We aimed to describe longitudinal patterns of QOL and the interplay between PA and risk of QOL deterioration among BC patients (pts).
We used a French prospective longitudinal clinical study (CANTO, NCT01993498) to identify 2525 stage I-III BC pts treated with adjuvant CT from 2012-14. PA exposure (GPAQ 16) and QOL (EORTC QLQ C30/B23) were reported by pts before CT, and at 3-6 and 12 months after CT. Pts with levels of PA ≥10 MET-hours/week were considered physically active (as per WHO recommendations on PA). Poor QOL was defined by functional scores <60 and symptoms scores ≥40 (Giesinger, 2016). We used multivariate mixed models to assess patterns of QOL and group based trajectory models to identify clusters of pts with poor QOL and associated risk factors, adjusting for PA as time dependent covariate.
Mean age (Standard Deviation, SD) was 52 y (11). 57%, 62% and 63% pts were physically active before CT, 3-6 and 12 months after CT, respectively. QOL scores before CT were higher among physically active vs inactive pts, including (mean [SD]): global health status (GHS) (69 [1.4] vs 65 [1.4]), physical (90 [1.1] vs 87 [1.1]) and emotional function (65 [1.9] vs 62 [1.9]) (all adjusted p<.05). QOL significantly worsened after CT, but scores remained higher among active pts (p<.001). A cluster of 33% pts had high and persistent risk of poor GHS: associated factors included comorbidities vs no (adjusted odds ratio 1.4 [95% Confidence Interval 1.1-1.9]), low income vs high (1.6 [1.2-2.0]), smoking vs no (1.3 [1.1-1.6]), mastectomy vs partial surgery (1.2 [1.1-1.6]). A significant interaction between recommended levels of PA and risk of poor GHS was observed (p<.001). Consistent with GHS, we found clusters of pts with high risk of poor QOL across physical, emotional and multiple other QOL domains, with similar risk factors and significant interactions with recommended levels of PA.
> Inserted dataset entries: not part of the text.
// Instructions, and the cells that they work on.

use aos_base::{Binary, Relation, Root, Unary};

/// What a cell or an operand holds.
#[derive(Clone, Copy)]
pub enum Cell {
    Num(i64),
    /// An object, by its number from 1 in the order of making; 0 is NIL.
    Ref(u32),
    /// A procedure, by its number from 1, and the object whose method it is, 0 for none; procedure 0 is NIL.
    Call(u32, u32),
    /// A place: its root, the number of its cell, and the dynamic type of a record there, 0 for none.
    Place(Root, u32, u32),
}

/// The kind of what a cell holds.
#[derive(Clone, Copy)]
pub enum Kind {
    /// A number.
    N,
    /// An object or NIL.
    R,
    /// A procedure value.
    C,
    /// A place.
    A,
}

/// An instruction. It takes its operands from the stack, the last one from the top, and puts its result there.
#[derive(Clone, Copy)]
pub enum Instr {
    /// Gives a number.
    Num(i64),
    /// Gives NIL.
    Nil,
    /// Gives the procedure value that is NIL.
    NilCall,
    /// Gives the procedure of this number, which is no method, as a value.
    Proc(u32),
    /// Gives the object on which the frame's procedure is called; trap 16 where it is called on none.
    SelfRef,
    /// Gives the topmost operand once more.
    Dup,
    /// Takes an operand.
    Drop,
    /// Exchanges the two topmost operands.
    Swap,
    /// Gives the place of a cell of the frame itself.
    Frame(u32),
    /// Gives the place of a cell of a module, by the numbers of both.
    Module(u32, u32),
    /// Gives the place that a parameter's cell holds.
    Param(u32),
    /// Gives the length that a parameter's cell holds.
    Length(u32),
    /// Takes an object and gives the place of its cell of this number, with the object's type; trap 1 at NIL.
    Deref(u32),
    /// Takes an open array that is an object, and gives its place and its lengths; trap 1 at NIL, trap 16 where it has not so many.
    OpenRef(u32),
    /// Takes a place and gives the one so many cells on, with this dynamic type of a record there, 0 for none.
    Offset(u32, u32),
    /// Takes the place of an array of so many elements, each of so many cells, and an index, and gives the element's place;
    /// trap 2 outside.
    Index(u32, u32),
    /// Takes the place of an open array, so many lengths, of which the first is the array's own, and an index, and gives the
    /// element's place and the other lengths, where an element of the last dimension has so many cells; trap 2 outside.
    IndexOpen(u32, u32),
    /// Takes the place of an open array and so many lengths, and gives the length of this number from 0.
    PickLen(u32, u32),
    /// Takes a number and gives what the operator does; trap 16 where the operator isn't defined for it.
    Unary(Unary),
    /// Takes two numbers and gives what the operator does; trap 16 where the operator isn't defined for them.
    Binary(Binary),
    /// Takes two objects and gives whether they are one.
    EqRef,
    /// Takes two procedure values and gives whether they are one.
    EqCall,
    /// Takes an object and gives the method that its type has in the slot of this number, from 0, with the object, as a value; trap 1 at
    /// NIL.
    Bind(u32),
    /// Takes an object and gives whether its type extends the one of this number, from 1; NIL's doesn't.
    Is(u32),
    /// Takes a record's place and gives whether the record's type extends the one of this number, from 1.
    IsPlace(u32),
    /// Takes an object and gives it; trap 3 where its type doesn't extend the one of this number, from 1, or it is NIL.
    Guard(u32),
    /// Takes a record's place and gives it; trap 3 where the record's type doesn't extend the one of this number, from 1.
    GuardPlace(u32),
    /// Takes a value of this kind and keeps it in the frame, under this number.
    Keep(u32, Kind),
    /// Gives what is kept under this number, which is of this kind.
    Kept(u32, Kind),
    /// Traps with this number.
    Fail(u8),
    /// Takes 1; traps with 7 and this code where it finds 0.
    Assert(u8),
    /// Traps with 8 and this code.
    Halt(u8),
    /// Goes on at the instruction of this number.
    Jump(u32),
    /// Takes a number, and where it is 0 goes on at the instruction of this number.
    JumpFalse(u32),
    /// Begins the statement at this line and column.
    Begin(u32, u32),
    /// Takes a place and gives what its cell holds.
    Load(Kind),
    /// Takes a place and what its cell is to hold.
    Store(Kind),
    /// Takes two places, the second one from the top, and copies so many cells from the second to the first.
    Copy(u32),
    /// Takes the place of a text and its length, and those of an array of characters, and stores the text there; where it doesn't
    /// fit, trap 15 if the flag is set, and else its beginning.
    PutText(bool),
    /// Takes the places and lengths of two texts and gives whether they are so related.
    CmpText(Relation),
    /// Takes its arguments, the last one from the top, and below them the object on which it is called where it is a method, and calls
    /// the procedure of this number; trap 1 at NIL, trap 11 where it is too deep.
    Call(u32),
    /// Takes the arguments of the method of the second number, and below them an object, and calls on it the method that its type has
    /// in the slot of the first number, from 0, which takes and gives the same; trap 1 at NIL, trap 11 where it is too deep.
    Virtual(u32, u32),
    /// Takes the arguments of the procedure of this number, and below them a procedure value, and calls what that stands for, which takes
    /// and gives the same, a method on the value's object; trap 1 at NIL, trap 11 where it is too deep.
    CallValue(u32),
    /// Makes an object of the type of this number, from 1, and gives it; trap 12 where the heap is full.
    NewObject(u32),
    /// Takes so many lengths, and makes an open array of them of the type of the first number, from 1, and gives it; trap 15 where
    /// a length is below 1, trap 12 where the heap is full.
    NewArray(u32, u32),
    /// Takes an object and starts its activity; trap 13 where there is no room for one, trap 16 where its type has no active body.
    Start,
    /// Asks for the frame's lock, that of the object on which its procedure is called, or else of its module, and opens its region;
    /// trap 9 where the activity owns it.
    Enter,
    /// Closes the frame's region, and releases its lock; trap 16 where the region isn't open.
    Leave,
    /// Waits in the frame's region for the condition of this number, from 0, while its lock is free for others; trap 16 where the region
    /// isn't open.
    Await(u32),
    /// Takes 0 or 1 and ends a condition, which holds where that is 1; trap 16 in a body that is no condition.
    Verdict,
    /// Ends the frame, with the result on the stack where there is one; trap 16 where its region is open.
    Return,
    /// Takes the code of a character and writes it.
    OutChar,
    /// Takes a number and in how many places it is written.
    OutInt,
    /// Takes the place of a text and its length and writes it.
    OutString,
    /// Ends the line.
    OutLn,
    /// Writes nothing.
    OutOpen,
}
Among this large cohort of BC survivors, QOL significantly worsened after CT. We were able to group pts following distinct longitudinal patterns of QOL and to identify clinical, socio-economical, and treatment risk factors for poor QOL, including PA behavior. Interventional strategies that also promote PA may help prevent QOL deterioration after CT.